M-open, M-complete, M-closed
May 30, 2016 — July 23, 2023
Placeholder. I encountered the M-open concept and thought it was useful to be able to state, but I have not had time to really delve into it. M-open, M-complete, M-closed describe different relations between our hypothesis class and reality - basically, do we have the true model in my hypothesis class (spoiler: no, I do not, except with synthetic data) and if not, what does our estimation procedure get us?
Fancy persons write this as \(\mathcal{M}\)-open etc, but life is too short for indulgent typography.
Le and Clarke (2017) summarise:
For the sake of completeness, we recall that Bernardo and Smith (Bernardo and Smith 2000) define M-closed problems as those for which a true model can be identified and written down but is one amongst finitely many models from which an analyst has to choose.
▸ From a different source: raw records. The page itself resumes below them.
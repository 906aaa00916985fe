//! The text of a drawing: parts of SVG, written one after another.

ghost use Rattle.bz_chart_layout.specs.Layout.{IsClear};

use crate::words::Cut;
use bz_model::Value;
use bz_text::{Piece, put_pieces};
use std::alloc::{AllocError, Global};

const CROSS: &str = "<path d=\"M% %l8 8m0 -8l-8 8\" stroke=\"$\" stroke-width=\"2\"/>\n";

const TRIANGLE: &str = "<path d=\"M% %l6 12h-12z\" fill=\"$\" stroke=\"#222222\"/>\n";

const CIRCLE: &str = "<circle cx=\"%\" cy=\"%\" r=\"4\" fill=\"#ffffff\" stroke=\"$\"/>\n";

pub(crate) const DARK: &str = "#222222";

pub(crate) const RED: &str = "#c00000";

pub(crate) const PUSH: &str = "#1a56a0";

pub(crate) const PULL: &str = "#b04a00";

/// The ground, which is light, so that a chart is read on a dark page too.
pub(crate) const GROUND: &str = "#fafafa";

// how a text is set, as attributes
pub(crate) const MIDDLE: &str = " text-anchor=\"middle\"";

pub(crate) const LINE: &str = " xml:space=\"preserve\"";

pub(crate) const HOST_LINE: &str = " font-weight=\"bold\" xml:space=\"preserve\"";

/// A filled rectangle: its left, its top, its width, its height and its colour.
pub(crate) const RECT: &str = "<rect x=\"%\" y=\"%\" width=\"%\" height=\"%\" fill=\"$\"/>\n";

/// The text of a drawing. It keeps whether memory was refused, and tells that at its end alone.
#[derive(Drop)]
pub(crate) struct Pen {
    alloc: Global,
    text: Vec<u8>,
    is_short: bool,
}

impl Pen {
    pub fn new(alloc: Global) -> Pen {
        Pen {
            alloc,
            text: Vec::new(alloc),
            is_short: false,
        }
    }

    pub fn alloc(&self) -> Global {
        self.alloc
    }

    /// Notes that memory was refused.
    pub fn fail(&mut self) {
        self.is_short = true;
    }

    /// The whole text.
    pub fn end(self) -> Result<Vec<u8>, AllocError> {
        if self.is_short {
            Err(AllocError)
        } else {
            Ok(self.text)
        }
    }

    /// Writes all that another one has.
    pub fn add(&mut self, other: &Pen) {
        self.put_bytes(other.text.as_slice());
        self.is_short = self.is_short || other.is_short;
    }

    /// Writes a form: for each `%` the next number, and for each `$` the text.
    pub fn put(&mut self, form: &str, numbers: &[u64], text: &str) {
        let form = form.as_bytes();
        let mut left = numbers;
        for piece in form.split_inclusive(|byte| matches!(byte, b'%' | b'$')) {
            match (piece, left) {
                ([before @ .., b'%'], [number, others @ ..]) => {
                    self.put_bytes(before);
                    self.put_number(*number);
                    left = others;
                }
                ([before @ .., b'$'], _) => self.put_both(before, text.as_bytes()),
                _ => self.put_bytes(piece),
            }
        }
    }

    /// Writes what is shown of a word.
    pub fn put_word(&mut self, word: Cut<'_>) {
        if word.text.len() <= word.most {
            self.put_letters(word.text);
        } else {
            self.put_letters(&word.text[..word.most.saturating_sub(1)]);
            self.put_bytes("…".as_bytes());
        }
    }

    /// The text of these parts, which is written elsewhere.
    pub fn spell(&mut self, parts: &[Piece<'_>]) -> Vec<u8> {
        let mut text = Vec::new(self.alloc);
        if put_pieces(&mut text, parts).is_err() {
            self.is_short = true;
        }
        text
    }

    // Letters, where those that XML takes for its own are written by name.
    fn put_letters(&mut self, letters: &[u8]) {
        for piece in letters.split_inclusive(|byte| matches!(byte, b'&' | b'<' | b'>' | b'"')) {
            match piece {
                [before @ .., b'&'] => self.put_both(before, b"&amp;"),
                [before @ .., b'<'] => self.put_both(before, b"&lt;"),
                [before @ .., b'>'] => self.put_both(before, b"&gt;"),
                [before @ .., b'"'] => self.put_both(before, b"&quot;"),
                _ => self.put_bytes(piece),
            }
        }
    }

    fn put_both(&mut self, one: &[u8], other: &[u8]) {
        self.put_bytes(one);
        self.put_bytes(other);
    }

    fn put_number(&mut self, number: u64) {
        if put_pieces(&mut self.text, &[Piece::Number(Value::from(number))]).is_err() {
            self.is_short = true;
        }
    }

    fn put_bytes(&mut self, bytes: &[u8]) {
        if self.text.extend_from_slice(bytes).is_err() {
            self.is_short = true;
        }
    }
}

/// A text, set in this way.
pub(crate) fn put_text(pen: &mut Pen, x: u64, y: u64, set: &str, text: Cut<'_>) {
    pen.put("<text x=\"%\" y=\"%\"$>", &[x, y], set);
    pen.put_word(text);
    pen.put("</text>\n", &[], "");
}

/// A cross of 8 by 8 with its middle here.
pub(crate) fn put_cross(pen: &mut Pen, x: u64, y: u64)
    requires right { IsClear x }
    requires below { IsClear y }
{
    pen.put(CROSS, &[x - 4, y - 4], RED);
}

/// A triangle of 12 by 12 with its middle here.
pub(crate) fn put_triangle(pen: &mut Pen, x: u64, y: u64)
    requires { IsClear y }
{
    pen.put(TRIANGLE, &[x, y - 6], RED);
}

/// A circle of radius 4 with its middle here.
pub(crate) fn put_circle(pen: &mut Pen, x: u64, y: u64) {
    pen.put(CIRCLE, &[x, y], DARK);
}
By contrast, M-complete problems are those in which a true model (sometimes called a belief model) exists but is inaccessible in the sense that even though it can be conceptualized it cannot be written down or at least cannot be used directly. Effectively this means that other surrogate models must be identified and used for inferential purposes. M-open problems according to Bernardo and Smith (2000) are those problems where a true model exists but cannot be specified at all.
They also mention Clyde and Iversen (2013) as a useful resource.
You will note that many of the references are interested in this concept because of application to Bayesian model stacking.
Related: likelihood principle, decision-theory, black swans, misspecified models, Robust bayes …
1 Gibbs posteriors
Gibbs posteriors seem to be an attempt to address the M-open problem, by removing the need for a valid likelihood.